**Your task:** Quote, word for word, every line starting at the line that contains "ReadsRequestAt bytes (Err" and ending with the last line of the records; include both of these lines and no others.
(Data provided begins)
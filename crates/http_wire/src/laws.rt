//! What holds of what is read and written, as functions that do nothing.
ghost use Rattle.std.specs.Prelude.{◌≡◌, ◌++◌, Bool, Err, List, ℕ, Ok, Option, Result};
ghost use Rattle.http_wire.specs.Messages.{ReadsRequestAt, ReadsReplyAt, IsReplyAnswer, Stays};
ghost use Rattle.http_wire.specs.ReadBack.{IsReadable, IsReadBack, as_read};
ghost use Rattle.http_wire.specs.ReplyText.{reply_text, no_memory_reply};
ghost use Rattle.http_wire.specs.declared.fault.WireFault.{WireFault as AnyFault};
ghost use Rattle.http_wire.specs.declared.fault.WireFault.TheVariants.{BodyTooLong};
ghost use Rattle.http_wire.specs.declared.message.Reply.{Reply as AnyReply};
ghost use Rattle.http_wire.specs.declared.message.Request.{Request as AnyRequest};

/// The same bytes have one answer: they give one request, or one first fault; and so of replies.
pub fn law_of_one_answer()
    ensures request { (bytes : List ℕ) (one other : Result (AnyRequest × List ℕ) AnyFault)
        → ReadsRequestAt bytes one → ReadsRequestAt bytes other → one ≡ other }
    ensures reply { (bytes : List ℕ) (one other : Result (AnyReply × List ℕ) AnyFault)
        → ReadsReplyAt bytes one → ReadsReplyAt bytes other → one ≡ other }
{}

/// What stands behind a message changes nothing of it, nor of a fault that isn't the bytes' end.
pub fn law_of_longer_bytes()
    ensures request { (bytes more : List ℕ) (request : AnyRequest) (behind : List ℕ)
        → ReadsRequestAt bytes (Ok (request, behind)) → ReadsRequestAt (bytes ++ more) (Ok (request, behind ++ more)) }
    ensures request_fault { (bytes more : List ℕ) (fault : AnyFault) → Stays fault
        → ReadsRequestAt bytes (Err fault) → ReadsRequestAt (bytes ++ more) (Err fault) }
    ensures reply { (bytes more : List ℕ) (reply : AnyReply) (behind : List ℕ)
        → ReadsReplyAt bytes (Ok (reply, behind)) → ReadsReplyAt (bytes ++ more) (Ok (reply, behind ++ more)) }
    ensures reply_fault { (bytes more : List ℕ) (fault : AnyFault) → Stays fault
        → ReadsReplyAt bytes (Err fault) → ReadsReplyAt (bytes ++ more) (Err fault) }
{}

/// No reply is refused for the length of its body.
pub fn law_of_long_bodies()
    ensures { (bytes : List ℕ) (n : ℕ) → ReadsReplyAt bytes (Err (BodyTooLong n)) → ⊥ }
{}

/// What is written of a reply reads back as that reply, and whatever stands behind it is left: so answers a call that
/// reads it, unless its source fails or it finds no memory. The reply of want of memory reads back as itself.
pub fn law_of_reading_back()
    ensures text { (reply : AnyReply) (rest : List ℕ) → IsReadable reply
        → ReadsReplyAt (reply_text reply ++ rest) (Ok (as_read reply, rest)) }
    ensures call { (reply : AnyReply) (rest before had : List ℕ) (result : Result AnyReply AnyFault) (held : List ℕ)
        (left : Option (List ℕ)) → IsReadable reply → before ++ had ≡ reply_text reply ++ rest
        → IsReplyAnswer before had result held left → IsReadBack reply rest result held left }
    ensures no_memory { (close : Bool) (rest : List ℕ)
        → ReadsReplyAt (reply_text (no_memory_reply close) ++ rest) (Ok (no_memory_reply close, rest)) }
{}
(Data provided ends)
**Exercise answer:**
        → ReadsRequestAt bytes (Err fault) → ReadsRequestAt (bytes ++ more) (Err fault) }
    ensures reply { (bytes more : List ℕ) (reply : AnyReply) (behind : List ℕ)
        → ReadsReplyAt bytes (Ok (reply, behind)) → ReadsReplyAt (bytes ++ more) (Ok (reply, behind ++ more)) }
    ensures reply_fault { (bytes more : List ℕ) (fault : AnyFault) → Stays fault
        → ReadsReplyAt bytes (Err fault) → ReadsReplyAt (bytes ++ more) (Err fault) }
{}

/// No reply is refused for the length of its body.
pub fn law_of_long_bodies()
    ensures { (bytes : List ℕ) (n : ℕ) → ReadsReplyAt bytes (Err (BodyTooLong n)) → ⊥ }
{}

/// What is written of a reply reads back as that reply, and whatever stands behind it is left: so answers a call that
/// reads it, unless its source fails or it finds no memory. The reply of want of memory reads back as itself.
pub fn law_of_reading_back()
    ensures text { (reply : AnyReply) (rest : List ℕ) → IsReadable reply
        → ReadsReplyAt (reply_text reply ++ rest) (Ok (as_read reply, rest)) }
    ensures call { (reply : AnyReply) (rest before had : List ℕ) (result : Result AnyReply AnyFault) (held : List ℕ)
        (left : Option (List ℕ)) → IsReadable reply → before ++ had ≡ reply_text reply ++ rest
        → IsReplyAnswer before had result held left → IsReadBack reply rest result held left }
    ensures no_memory { (close : Bool) (rest : List ℕ)
        → ReadsReplyAt (reply_text (no_memory_reply close) ++ rest) (Ok (no_memory_reply close, rest)) }
{}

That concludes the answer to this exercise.